1) You don't know  if Killer Bee had mastered Hachibi to the same extent he had in the Sasuke v Killer Bee
2) He didn't have knowledge and he was only there to gather intel on them.

You can't make an logical argument so you fall back on loose assumptions. I'm done here.


----------



## Ghost (Sep 24, 2013)

How does one nuke someone next to him without hurting himself? Pretty sure the masks need to have greater attacking/movement speed than Sasuke in order to hit him. If you've read this manga, you should know that characters tend to save their most powerful attacks last. So yeah, everything suggests that.

Not really.
1) Killer Bee was capable of partial transformation so he could transform to Hachibi.
2) You think Jiraiya went to gather intel on the leader of Akatsuki without thinking he most likely won't get out there without a fight? Not important anyways since there are tons of other examples but I'm not gonna start reading the manga for you.


----------



## Chad (Sep 24, 2013)

Do people seriously underestimate Kakuzu to the point where he's only on the level of Hebi Sasuke? lol


----------



## SuperSaiyaMan12 (Sep 24, 2013)

Bogard said:


> Do people seriously underestimate Kakuzu to the point where he's only on the level of Hebi Sasuke? lol


From his feats, he's below that. He's no where near at the level of MS Sasuke, much less EMS Sasuke. Hebi Sasuke was able to defeat a stronger member of Akatsuki after all, has superior speed and ninjutsu over Kakuzu, and can predict each movement that Kakuzu makes. And this isn't even going over the genjutsu factor or boss summons like Manda which are available to Sasuke.


----------



## Ennoia (Sep 24, 2013)

saikyou said:


> "Little burns like this won't stop me."


You can quite obviously see that his wing is burnt and he is bleeding regardless of his statement of him acting tough, if you are actually using that statement to support yourself you are reaching.


> Just because Kakuzu's Katon is bigger than Itachi's it does not mean it is more effective on Sasuke. Its not like Sasuke is taking the whole katon, is it?


Itachi's Katon was overpowered by Sasuke's and Sasuke has not once been shown as so good with Katon that he is far beyond the likes of anyone else and by extension Itachi at that point was not either. We have only seen jutsu become stronger with the input of chakra and Itachi does not have the stamina to significantly increase the heat/size of his Katon as heat/damage and size are relative as shown with every other jutsu in the manga. In essence you have no proof that Itachi's C rank Katon was stronger than Kakuzu's B rank to assert that Itachi's might be stronger in any sense. The rule of thumb says that higher ranked jutsu are more dangerous as they generally require more chakra and more skill to execute so until we see Itachi pulling off Katons like Madara I dont think you have a point here.

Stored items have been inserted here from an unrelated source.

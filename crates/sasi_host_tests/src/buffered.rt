// A buffered file: a page that was read is not read again.
ghost use Rattle.std.specs.Prelude.{◌≡◌};
ghost use Rattle.sasi_host.specs.Buffered.{IsBuffered};
ghost use Rattle.sasi_host.specs.Memory.{host_view, memory_host};
ghost use Rattle.sasi_host_tests.specs.declared.buffered.TheConstants.{DATA};

use sasi_host::{BufferedFile, Direct, FileName, FormatRule, Kind, MemHost, ReadFault, found};
use std::alloc::Global;
use std::process::Abort;

const DATA: FileName = FileName {
    kind: Kind::Data,
    number: 1,
    index: 0,
    part: 0,
};

/// Ten thousand bytes, so that no two pages begin alike.
fn bytes(rt: &impl Abort, alloc: Global) -> Vec<u8> {
    let mut bytes = vec![in alloc; 0; 10_000].expect(rt, "memory");
    for (at, byte) in bytes.iter_mut().enumerate() {
        *byte = (at % 251) as u8;
    }
    bytes
}

/// A host with a file of these bytes.
fn host_of(rt: &impl Abort, alloc: Global, bytes: &[u8]) -> MemHost {
    let mut host = MemHost::new(alloc);
    host.put(DATA, bytes).expect(rt, "memory");
    host
}

/// Reads into the buffer, from this offset on.
fn read(
    rt: &impl Abort,
    host: &mut MemHost,
    file: &mut BufferedFile,
    at: u16,
    out: &mut [u8; 5000],
) -> Result<(), ReadFault>
    requires file { file.old.file ≡ DATA }
    requires buffered { IsBuffered file.old (host_view (memory_host host.old)).files }
    ensures file { file.new.file ≡ DATA }
    ensures buffered { IsBuffered file.new (host_view (memory_host host.new)).files }
{
    assert!(rt; host.bytes(DATA).is_some());
    file.read_into(host, &mut Direct, u64::from(at), out)
}

/// From this offset on the file has these bytes, and then so many reads were made.
fn check_read(
    rt: &impl Abort,
    host: &mut MemHost,
    file: &mut BufferedFile,
    at: u16,
    bytes: Option<&[u8]>,
    reads: u64,
)
    requires file { file.old.file ≡ DATA }
    requires buffered { IsBuffered file.old (host_view (memory_host host.old)).files }
    ensures file { file.new.file ≡ DATA }
    ensures buffered { IsBuffered file.new (host_view (memory_host host.new)).files }
{
    let mut out = [0; 5000];
    assert!(rt; read(rt, host, file, at, &mut out) == Ok(()));
    assert!(rt; Some(out.as_slice()) == bytes);
    assert!(rt; host.reads() == reads);
}

#[test]
fn buffered_page_is_not_read_again(rt: HostRuntime) {
    let bytes = bytes(&rt, rt.alloc());
    let mut host = host_of(&rt, rt.alloc(), &bytes);
    let mut file = BufferedFile::new(DATA);
    check_read(&rt, &mut host, &mut file, 0, bytes.get(..5000), 2);
    check_read(&rt, &mut host, &mut file, 5000, bytes.get(5000..), 3);
    let size: u64 = 10_000;
    let short = found(DATA, size, FormatRule::Short, &size.to_be_bytes());
    let past_end = read(&rt, &mut host, &mut file, 9000, &mut [0; 5000]);
    assert!(rt; past_end == Err(ReadFault::Damaged(short)));
    assert!(rt; host.reads() == 3);
    drop(file);
    drop(host);
}
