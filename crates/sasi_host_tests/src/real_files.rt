// Real folders: how they are opened and read, and what a later host reads of them.
use sasi_filehost::{FileHost, FileSource, fill_at, open_folder};
use sasi_host::{FileName, Host, HostFault, Kind, Source};
use std::alloc::{Allocator, Global};
use std::cell::Cell;
use std::fs::{Metadata, OpenFile, OpenOptions};
use std::io::{Read, Seek, SeekFrom, Write};
use std::os::unix::fs::FileExt;
use std::process::Abort;
use std::rt::Files;
use std::{fs, io};

/// The error of a call that no test needs.
fn unsupported() -> io::Error {
    io::ErrorKind::Unsupported.into()
}

/// A file whose reads give at most three bytes, and of which every other one is interrupted.
#[derive(Drop)]
struct CutShort<'a> {
    bytes: &'a [u8],
    reads: &'a Cell<u64>,
}

impl FileExt for CutShort<'_> {
    fn read_at(&self, buf: &mut [u8], offset: u64) -> io::Result<usize> {
        self.reads.set(self.reads.get().saturating_add(1));
        if self.reads.get() % 2 == 1 {
            return Err(io::ErrorKind::Interrupted.into());
        }
        let at = (offset as usize).min(self.bytes.len());
        let rest = &self.bytes[at..];
        let count = rest.len().min(buf.len()).min(3);
        buf[..count].copy_from_slice(&rest[..count]);
        Ok(count)
    }

    fn write_at(&self, _buf: &[u8], _offset: u64) -> io::Result<usize> {
        Err(unsupported())
    }
}

/// Reads from an offset on into eight bytes: what is read, and by how many calls.
fn check_read(rt: &impl Abort, at: u64, wanted: &[u8], reads: u64) {
    let made = Cell::new(0);
    let file = CutShort {
        bytes: b"0123456789",
        reads: &made,
    };
    let mut buf = [0; 8];
    let count = fill_at(&file, at, &mut buf).expect(rt, "a read");
    assert!(rt; &buf[..count] == wanted && made.get() == reads);
}

#[test]
fn read_that_is_cut_short_goes_on(rt: HostRuntime) {
    check_read(&rt, 0, b"01234567", 6);
    check_read(&rt, 4, b"456789", 6);
    check_read(&rt, 10, b"", 2);
}

/// A folder that notes the calls on it as digits, in their order: 1 makes it, 2 opens its parent, 3 syncs that, 4 opens the folder.
#[derive(Drop)]
struct FakeFolder<'a> {
    is_there: bool,
    syncs: bool,
    calls: &'a Cell<u64>,
}

/// An open file of it.
#[derive(Drop)]
struct FakeFile<'a> {
    syncs: bool,
    calls: &'a Cell<u64>,
}

fn note(calls: &Cell<u64>, call: u64) {
    calls.set(calls.get().saturating_mul(10).saturating_add(call));
}

impl<'a> Files for FakeFolder<'a> {
    type File = FakeFile<'a>;

    type Dir = io::Empty;

    fn open_file(&self, _how: &OpenOptions, path: &str) -> io::Result<FakeFile<'a>> {
        note(self.calls, if path == "folder/.." { 2 } else { 4 });
        Ok(FakeFile {
            syncs: self.syncs,
            calls: self.calls,
        })
    }

    fn open_dir(&self, _path: &str) -> io::Result<io::Empty> {
        Err(unsupported())
    }

    fn metadata(&self, _path: &str) -> io::Result<Metadata> {
        Err(unsupported())
    }

    fn symlink_metadata(&self, _path: &str) -> io::Result<Metadata> {
        Err(unsupported())
    }

    fn copy(&self, _from: &str, _to: &str) -> io::Result<u64> {
        Err(unsupported())
    }

    fn rename(&self, _from: &str, _to: &str) -> io::Result<()> {
        Err(unsupported())
    }

    fn remove_file(&self, _path: &str) -> io::Result<()> {
        Err(unsupported())
    }

    fn create_dir(&self, _path: &str) -> io::Result<()> {
        note(self.calls, 1);
        if self.is_there {
            return Err(io::ErrorKind::AlreadyExists.into());
        }
        Ok(())
    }

    fn remove_dir(&self, _path: &str) -> io::Result<()> {
        Err(unsupported())
    }

    fn remove_dir_all<B: Allocator>(&self, _alloc: B, _path: &str) -> io::Result<()> {
        Err(unsupported())
    }
}

impl OpenFile for FakeFile<'_> {
    fn metadata(&self) -> io::Result<Metadata> {
        Err(unsupported())
    }

    fn set_len(&self, _size: u64) -> io::Result<()> {
        Err(unsupported())
    }

    fn sync_all(&self) -> io::Result<()> {
        note(self.calls, 3);
        if self.syncs {
            Ok(())
        } else {
            Err(unsupported())
        }
    }

    fn sync_data(&self) -> io::Result<()> {
        Err(unsupported())
    }
}

impl Read for FakeFile<'_> {
    fn read(&mut self, _buf: &mut [u8]) -> io::Result<usize> {
        Err(unsupported())
    }
}

impl Write for FakeFile<'_> {
    fn write(&mut self, _buf: &[u8]) -> io::Result<usize> {
        Err(unsupported())
    }

    fn flush(&mut self) -> io::Result<()> {
        Err(unsupported())
    }
}

impl Seek for FakeFile<'_> {
    fn seek(&mut self, _to: SeekFrom) -> io::Result<u64> {
        Err(unsupported())
    }
}

/// Opens a folder that is there or not, whose parent can be synced or not: the calls, and whether it is opened.
fn check_opening(rt: &impl Abort, is_there: bool, syncs: bool, wanted: u64) {
    let calls = Cell::new(0);
    let files = FakeFolder {
        is_there,
        syncs,
        calls: &calls,
    };
    let is_opened = open_folder(&files, "folder/", "folder/..").is_ok();
    assert!(rt; calls.get() == wanted && is_opened == syncs);
}

#[test]
fn each_opening_syncs_the_parent(rt: HostRuntime) {
    check_opening(&rt, false, true, 1234);
    check_opening(&rt, true, true, 1234);
    check_opening(&rt, false, false, 123);
    check_opening(&rt, true, false, 123);
}

const FOLDER: &str = "sasi_real_files_test";

const LOG: FileName = FileName {
    kind: Kind::Log,
    number: 1,
    index: 0,
    part: 0,
};

const DATA: FileName = FileName {
    kind: Kind::Data,
    number: 2,
    index: 0,
    part: 0,
};

/// Fills the bytes so that no two pages begin alike.
fn fill(bytes: &mut [u8]) {
    for (at, byte) in bytes.iter_mut().enumerate() {
        *byte = (at % 251) as u8;
    }
}

/// Writes the file in two parts, of which the second goes over the end of the first.
fn write_data(rt: &impl Abort, host: &mut FileHost, bytes: &[u8; 6000]) {
    host.create(DATA).expect(rt, "a new file");
    host.write(DATA, 0, &bytes[..4000]).expect(rt, "a write");
    host.write(DATA, 3000, &bytes[3000..]).expect(rt, "a write");
    host.sync(DATA).expect(rt, "a sync");
    host.create(LOG).expect(rt, "a new file");
    host.sync_folder().expect(rt, "a sync of the names");
}

/// The page of the data file at this offset has these bytes.
fn check_page(rt: &impl Abort, host: &mut FileHost, at: u64, wanted: &[u8]) {
    let mut page = [0; 4096];
    let count = host.read(DATA, at, &mut page).expect(rt, "a read");
    assert!(rt; &page[..count] == wanted);
    assert!(rt; page[count..] == [0; 4096][count..]);
}

/// The host lists both files, and no foreign one.
fn check_names(rt: &impl Abort, alloc: Global, host: &mut FileHost) {
    let names = host.list(alloc).expect(rt, "a list");
    assert!(rt; names.as_slice() == [LOG, DATA].as_slice());
}

/// The host reads the data file's bytes, a page at a time and from an offset on.
fn check_data(rt: &impl Abort, host: &mut FileHost, bytes: &[u8; 6000]) {
    check_page(rt, host, 0, &bytes[..4096]);
    check_page(rt, host, 4096, &bytes[4096..]);
    check_page(rt, host, 5999, &bytes[5999..]);
    assert!(rt; host.size(DATA).expect(rt, "a size") == 6000);
}

/// After its deletion the data file can't be read, and once it is made again it is empty.
fn check_deletion(rt: &impl Abort, host: &mut FileHost) {
    host.delete(DATA).expect(rt, "a deletion");
    assert!(rt; host.read(DATA, 0, &mut [0; 8]).is_err());
    host.create(DATA).expect(rt, "the name once more");
    assert!(rt; host.size(DATA).expect(rt, "a size") == 0);
}

#[test]
fn second_host_reads_what_was_written(rt: HostRuntime) {
    let _ = fs::remove_dir_all(&rt, FOLDER);
    let mut bytes = [0; 6000];
    fill(&mut bytes);
    let mut host = FileHost::at(rt, FOLDER).expect(&rt, "memory");
    write_data(&rt, &mut host, &bytes);
    fs::write(&rt, "sasi_real_files_test/other", b"foreign".as_slice()).expect(&rt, "a file");
    let mut second = FileHost::at(rt, FOLDER).expect(&rt, "memory");
    check_names(&rt, rt.alloc(), &mut second);
    check_data(&rt, &mut second, &bytes);
    check_deletion(&rt, &mut second);
    drop(second);
    drop(host);
    fs::remove_dir_all(&rt, FOLDER).expect(&rt, "a deletion");
}

/// Each call of a host fails.
fn check_failed(rt: &impl Abort, alloc: Global, host: &mut FileHost) {
    let mut page = [0; 8];
    assert!(rt; matches!(host.list(alloc), Err(HostFault::Failed)));
    assert!(rt; host.size(DATA).is_err());
    assert!(rt; host.read(DATA, 0, &mut page).is_err() && host.write(DATA, 0, b"x").is_err());
    assert!(rt; host.create(LOG).is_err() && host.delete(DATA).is_err());
    assert!(rt; host.sync(DATA).is_err() && host.sync_folder().is_err());
    assert!(rt; host.emit(b"x").is_err());
}

/// What another host reads of the folder after the failed sync is the file that was made.
fn check_second(rt: &impl Abort, host: &mut FileHost) {
    assert!(rt; host.size(DATA).expect(rt, "a size") == 0);
}

#[test]
fn each_call_fails_after_a_failed_sync(rt: HostRuntime) {
    let _ = fs::remove_dir_all(&rt, "sasi_failed_sync_test");
    let mut host = FileHost::at(rt, "sasi_failed_sync_test").expect(&rt, "memory");
    host.create(DATA).expect(&rt, "a new file");
    assert!(rt; host.sync(LOG).is_err());
    check_failed(&rt, rt.alloc(), &mut host);
    let mut second = FileHost::at(rt, "sasi_failed_sync_test").expect(&rt, "memory");
    check_second(&rt, &mut second);
    drop(second);
    drop(host);
    fs::remove_dir_all(&rt, "sasi_failed_sync_test").expect(&rt, "a deletion");
}

#[test]
fn each_call_fails_where_nothing_can_be_opened(rt: HostRuntime) {
    let mut host = FileHost::at(rt, "sasi_filehost_none/folder").expect(&rt, "memory");
    check_failed(&rt, rt.alloc(), &mut host);
}

#[test]
fn script_that_is_not_there_is_not_read(rt: HostRuntime) {
    let mut script = FileSource::at(rt, "sasi_filehost_none").expect(&rt, "memory");
    assert!(rt; script.read(&mut [0; 8]).is_err());
}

And yes, you said Sasuke runs right into the combo so he would be taking the whole Katon, and the manga says he would be incinerated.



> Even though the technique is C-rank doesn't mean the power is the same on every user. Minato's, Jiraiya's and Naruto's Rasengans are all A-rank though Minato's Rasengan is stronger than Jiraiya's or Naruto's.

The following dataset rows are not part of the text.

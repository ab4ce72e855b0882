// The source and the host in memory: reads, emits, and calls that fail.
use sasi_host::{Failed, FileName, Host, Kind, MemHost, MemSource, Source};
use std::alloc::Global;
use std::process::Abort;

/// A source that gives at most three bytes a read, and whose second and ninth reads fail.
fn source(rt: &impl Abort, alloc: Global) -> MemSource {
    let bytes = b"abcde".as_slice().to_vec(alloc).expect(rt, "memory");
    let failing = vec![in alloc; 2, 9].expect(rt, "memory");
    MemSource::new(bytes, 3, failing)
}

#[test]
fn source_gives_its_bytes_in_parts(rt: HostRuntime) {
    let mut source = source(&rt, rt.alloc());
    let mut buf = [0; 8];
    let expected: [(Result<usize, Failed>, &[u8]); 4] = [
        (Ok(3), b"abc"),
        (Err(Failed), b"abc"),
        (Ok(2), b"dec"),
        (Ok(0), b"dec"),
    ];
    for (count, front) in expected {
        assert!(rt; source.read(&mut buf) == count);
        assert!(rt; &buf[..3] == front);
    }
}

/// A host whose second emit fails, and which stops after three calls.
fn failing_host(rt: &impl Abort, alloc: Global) -> MemHost {
    let mut host = MemHost::new(alloc);
    host.fail_emits(vec![in alloc; 2].expect(rt, "memory"));
    host.stop_after(3);
    host
}

#[test]
fn host_fails_where_it_is_told_to(rt: HostRuntime) {
    let mut host = failing_host(&rt, rt.alloc());
    let expected: [(&[u8], Result<(), Failed>, &[u8]); 4] = [
        (b"a", Ok(()), b"a"),
        (b"b", Err(Failed), b"a"),
        (b"cd", Ok(()), b"acd"),
        (b"e", Err(Failed), b"acd"),
    ];
    for (bytes, result, emitted) in expected {
        assert!(rt; host.emit(bytes) == result);
        assert!(rt; host.emitted() == emitted);
    }
    assert!(rt; host.refused() == 0);
    drop(host);
}

const LOG: FileName = FileName {
    kind: Kind::Log,
    number: 1,
    index: 0,
    part: 0,
};

/// A host with a log of six bytes.
fn host_with_log(rt: &impl Abort, alloc: Global) -> MemHost {
    let mut host = MemHost::new(alloc);
    host.put(LOG, b"abcdef").expect(rt, "memory");
    host
}

#[test]
fn file_has_its_size(rt: HostRuntime) {
    let mut host = host_with_log(&rt, rt.alloc());
    assert!(rt; host.bytes(LOG).is_some());
    assert!(rt; host.size(LOG) == Ok(6));
    drop(host);
}

/// A read at this offset gives so many bytes, and the buffer has these then.
fn check_read(
    rt: &impl Abort,
    host: &mut MemHost,
    at: u64,
    buf: &mut [u8; 4],
    count: usize,
    bytes: &[u8],
) {
    assert!(rt; host.bytes(LOG).is_some());
    assert!(rt; host.read(LOG, at, buf) == Ok(count));
    assert!(rt; &buf[..] == bytes);
}

#[test]
fn files_are_read_from_any_offset(rt: HostRuntime) {
    let mut host = host_with_log(&rt, rt.alloc());
    let mut buf = [0; 4];
    let expected: [(u64, usize, &[u8]); 4] = [
        (1, 4, b"bcde"),
        (4, 2, b"efde"),
        (6, 0, b"efde"),
        (u64::MAX, 0, b"efde"),
    ];
    for (at, count, bytes) in expected {
        check_read(&rt, &mut host, at, &mut buf, count, bytes);
    }
    assert!(rt; host.reads() == 4);
    drop(host);
}
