// Makes the same random calls on a disk and on a disk in memory, and compares the answers.
use crate::disks::random::next;
use crate::disks::stops::{read, write};
use sector_disk::{Disk, Memory};

/// A call of a disk.
#[derive(Clone, Copy)]
enum Call {
    Read,
    Write(u8),
    Sync,
}

// Makes one call on both disks. Returns whether both answer it in the same way, and neither a write
// nor a sync fails.
fn is_alike<D: Disk>(disk: &mut D, memory: &mut Memory, at: u32, call: Call) -> bool {
    match call {
        Call::Read => read(disk, at) == read(memory, at),
        Call::Write(content) => write(disk, at, content) && write(memory, at, content),
        Call::Sync => disk.sync().is_ok() && memory.sync().is_ok(),
    }
}

// Returns the next random call: one in three is a read, and one in fifteen is a sync.
fn next_call(state: &mut u64) -> Call {
    let content = (next(state) % 251) as u8;
    match next(state) % 30 {
        0..10 => Call::Read,
        10..28 => Call::Write(content),
        _ => Call::Sync,
    }
}

/// Makes `calls` calls on both disks. About three in four use the sector after the last one used.
/// Returns whether both disks answer all calls in the same way.
pub(crate) fn call_both<D: Disk>(disk: &mut D, memory: &mut Memory, calls: u32) -> bool {
    let mut state = 88_172_645_463_325_252;
    let mut at = 0u32;
    for _ in 0..calls {
        let far = next(&mut state) % memory.sectors().max(1);
        at = at.saturating_add(1);
        if at >= memory.sectors() || next(&mut state) % 4 == 0 {
            at = far;
        }
        if !is_alike(disk, memory, at, next_call(&mut state)) {
            return false;
        }
    }
    true
}

/// Returns whether both disks have the same number of sectors, with the same contents.
pub(crate) fn are_same<D: Disk>(disk: &mut D, memory: &mut Memory) -> bool {
    for at in 0..memory.sectors() {
        if read(disk, at) != read(memory, at) {
            return false;
        }
    }
    disk.sectors() == memory.sectors()
}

No proof what so ever that Minato's is stronger. Naruto with an incomplete Rasengan nearly killed Kabuto after throwing him back many meters. Rasengan is not a jutsu that can be made stronger unless more chakra is put into it which makes it larger, a standard Rasengan is the same as any other Rasengan the same way a standard fireball is the same as any other fireball.

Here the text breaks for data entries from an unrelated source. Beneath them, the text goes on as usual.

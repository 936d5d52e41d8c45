// Tests of stops and fuses: the contents that a stop leaves, and the calls that a fuse makes fail.
// A content is named by its byte: a sector that has only bytes of value 2 has content 2.
use sector_disk::{CallCount, Disk, DiskFault, Fuse, Liar, Memory, SECTOR_BYTES};
use std::alloc::Global;
use std::test::Fail;

/// Fills sector `at` with bytes of value `content`. Returns whether the sector exists and was
/// written.
pub(crate) fn write<D: Disk>(disk: &mut D, at: u32, content: u8) -> bool {
    at < Disk::sectors(disk) && Disk::write(disk, at, &[content; SECTOR_BYTES]).is_ok()
}

/// If all bytes have the same value, returns this value.
pub(crate) fn value_of(bytes: &[u8]) -> Option<u8> {
    let first = bytes.first().copied();
    for byte in bytes {
        if Some(*byte) != first {
            return None;
        }
    }
    first
}

/// Returns the content of sector `at`. Returns `None` if there is no such sector, if the disk
/// fails, or if the sector's bytes have different values.
pub(crate) fn read<D: Disk>(disk: &mut D, at: u32) -> Option<u8> {
    let mut sector = [99; SECTOR_BYTES];
    if at >= Disk::sectors(disk) || Disk::read(disk, at, &mut sector).is_err() {
        return None;
    }
    value_of(&sector)
}

/// Fills each sector with its number modulo 251. Returns whether all writes succeeded.
pub(crate) fn fill<D: Disk>(disk: &mut D) -> bool {
    for at in 0..disk.sectors() {
        if !write(disk, at, (at % 251) as u8) {
            return false;
        }
    }
    true
}

/// Returns whether each sector has its number modulo 251 as its content.
pub(crate) fn is_filled<D: Disk>(disk: &mut D) -> bool {
    for at in 0..disk.sectors() {
        if read(disk, at) != Some((at % 251) as u8) {
            return false;
        }
    }
    true
}

// Returns the number of contents that a stop may leave in a sector, or 0 if there is no such
// sector.
fn choices(disk: &Memory, at: u32) -> usize {
    if at < disk.sectors() {
        Memory::choices(disk, at)
    } else {
        0
    }
}

// Returns the disk after a stop that picks number `pick` for each sector.
fn stopped(disk: Memory, pick: usize) -> Memory {
    Memory::stop(disk, |_, _| pick)
}

// Returns the content of sector `at` after a stop that picks number `pick` for each sector. After
// the stop everything is synced.
fn left(disk: &Memory, at: u32, pick: usize) -> Option<u8> {
    let mut stopped = stopped(Memory::copy(disk).ok()?, pick);
    if stopped.sectors() == disk.sectors() && choices(&stopped, at) == 1 {
        read(&mut stopped, at)
    } else {
        None
    }
}

// Returns whether a stop may leave exactly `contents` in a sector, in this order. Picks each
// content by its number, and by the sum of its number and the number of contents.
fn leaves(disk: &Memory, at: u32, contents: &[u8]) -> bool {
    for (pick, content) in contents.iter().enumerate() {
        let higher = pick.saturating_add(contents.len());
        if left(disk, at, pick) != Some(*content) || left(disk, at, higher) != Some(*content) {
            return false;
        }
    }
    choices(disk, at) == contents.len()
}

#[test]
fn a_disk_may_have_tens_of_thousands_of_sectors(rt: HostRuntime) -> Result<(), Fail> {
    let mut disk = Memory::new(rt.alloc(), 50_000)?;
    let filled = fill(&mut disk) && disk.sync().is_ok();
    let more = write(&mut disk, 49_999, 255);
    let last = (choices(&disk, 49_999), left(&disk, 49_999, 1));
    let mut stopped = stopped(disk, 0);
    let kept = stopped.sectors() == 50_000 && is_filled(&mut stopped);
    assert!(rt; filled && more && kept && last == (2, Some(255)));
    Ok(())
}

#[test]
fn a_count_of_calls_has_no_bytes(rt: HostRuntime) {
    let mut calls = CallCount::new();
    calls.end_call(&Ok(()));
    calls.end_call(&Err(DiskFault::Failed));
    assert!(rt; size_of::<CallCount>() == 0);
}

// Writes content 1 to sector 0, syncs, writes content 2 to it, and reads it. Returns whether each
// call succeeded, and the content that was read.
fn four_calls<D: Disk>(disk: &mut D) -> ([bool; 4], Option<u8>) {
    let first = write(disk, 0, 1);
    let synced = Disk::sync(disk).is_ok();
    let second = write(disk, 0, 2);
    let content = read(disk, 0);
    ([first, synced, second, content.is_some()], content)
}

/// Each row has: the number of the failing call; whether all later calls fail too; whether it fails
/// late; which calls succeed; the content that was read; and the contents that a stop may leave in
/// sector 0 of the inner disk.
type Row = (u64, bool, bool, [bool; 4], Option<u8>, &'static [u8]);

const FUSES: [Row; 18] = [
    (0, false, false, [true, true, true, true], Some(2), &[1, 2]),
    (0, true, true, [true, true, true, true], Some(2), &[1, 2]),
    (1, false, false, [false, true, true, true], Some(2), &[0, 2]),
    (1, false, true, [false, true, true, true], Some(2), &[1, 2]),
    (1, true, false, [false, false, false, false], None, &[0]),
    (1, true, true, [false, false, false, false], None, &[0, 1]),
    (
        2,
        false,
        false,
        [true, false, true, true],
        Some(2),
        &[0, 1, 2],
    ),
    (2, false, true, [true, false, true, true], Some(2), &[1, 2]),
    (2, true, false, [true, false, false, false], None, &[0, 1]),
    (2, true, true, [true, false, false, false], None, &[1]),
    (3, false, false, [true, true, false, true], Some(1), &[1]),
    (3, false, true, [true, true, false, true], Some(2), &[1, 2]),
    (3, true, false, [true, true, false, false], None, &[1]),
    (3, true, true, [true, true, false, false], None, &[1, 2]),
    (4, false, false, [true, true, true, false], None, &[1, 2]),
    (4, true, true, [true, true, true, false], None, &[1, 2]),
    (5, false, false, [true, true, true, true], Some(2), &[1, 2]),
    (5, true, true, [true, true, true, true], Some(2), &[1, 2]),
];

// Returns whether a fuse over a disk of two sectors has the results of its row.
fn is_row(alloc: Global, row: Row) -> bool {
    let (call, forever, late, succeed, content, left_inside) = row;
    let Ok(disk) = Memory::new(alloc, 2) else {
        return false;
    };
    let mut fuse = Fuse::new(disk, call, forever, late);
    let two = fuse.sectors() == 2;
    let done = four_calls(&mut fuse);
    two && done == (succeed, content) && leaves(&Fuse::into_inner(fuse), 0, left_inside)
}

// Returns the first fuse that doesn't have the results of its row.
fn fused_otherwise(alloc: Global) -> Option<(u64, bool, bool)> {
    for row in &FUSES {
        if !is_row(alloc, *row) {
            return Some((row.0, row.1, row.2));
        }
    }
    None
}

#[test]
fn a_fuse_fails_the_planned_calls(rt: HostRuntime) {
    assert!(rt; fused_otherwise(rt.alloc()) == None);
}

#[test]
fn a_fuse_passes_on_the_failures_behind_it(rt: HostRuntime) -> Result<(), Fail> {
    let inner = Fuse::new(Memory::new(rt.alloc(), 1)?, 2, false, false);
    let mut fuse = Fuse::new(inner, 3, false, true);
    let done = four_calls(&mut fuse);
    let memory = fuse.into_inner().into_inner();
    assert!(rt; done == ([true, false, false, true], Some(2)) && choices(&memory, 0) == 3);
    Ok(())
}

#[test]
fn a_liar_gives_its_answers_in_turn_and_keeps_nothing(rt: HostRuntime) -> Result<(), Fail> {
    let answers = [[3; SECTOR_BYTES], [1; SECTOR_BYTES], [2; SECTOR_BYTES]];
    let mut liar = Liar::new(2, Vec::from_slice(rt.alloc(), &answers)?);
    let first = [read(&mut liar, 0), read(&mut liar, 0)];
    let second = [read(&mut liar, 1), read(&mut liar, 1)];
    let written = write(&mut liar, 1, 7) && liar.sync().is_ok();
    let fifth = read(&mut liar, 1);
    assert!(rt; (first, second) == ([Some(3), Some(1)], [Some(2), Some(3)]));
    assert!(rt; liar.sectors() == 2 && written && fifth == Some(1));
    Ok(())
}

#[test]
fn a_failure_says_what_failed(rt: HostRuntime) -> Result<(), Fail> {
    let text = format!(in rt.alloc(); "{}", DiskFault::Failed)?;
    assert!(rt; text.as_str() == "the disk failed");
    Ok(())
}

> The flames in Itachi's Katon could very well be more intense than in Kakuzu's. After all his flames managed to cause pain to Bee using Hachibi's flesh. With Itachi being far more skilled shinobi than Kakuzu this is very well possible.


We have only seen B take one Katon so saying Itachi hurt him with a Katon is irrelevant. There is nothing to suggest that Itachi's C rank Katon is stronger than Kakuzu's B rank especially after it was overpowered by Sasuke's Katon.



> Kakuzu is not stomping a superior shinobi.


Your entire argument hinges on the fact that Sasuke is superior to Kakashi which is in and of itself flawed not only because they have different skill sets but also because I find that observation to be flat out wrong. Then you state that Sasuke is rushing through a Katon that Suiton could not put out without dying. But notice I only addressed the part that could be outright proven in the manga (Sasuke running through the Katon), because I dont intend on trying to change your opinion with a drawn out debate.

Point is, you have no evidence that Sasuke is running through the Katon/Fuuton when he was burned by Itachi's C rank Katon.


----------



## Chad (Sep 24, 2013)

SuperSaiyaMan12 said:


> From his feats, he's below that. He's no where near at the level of MS Sasuke, much less EMS Sasuke. Hebi Sasuke was able to defeat a stronger member of Akatsuki after all, has superior speed and ninjutsu over Kakuzu, and can predict each movement that Kakuzu makes. And this isn't even going over the genjutsu factor or boss summons like Manda which are available to Sasuke.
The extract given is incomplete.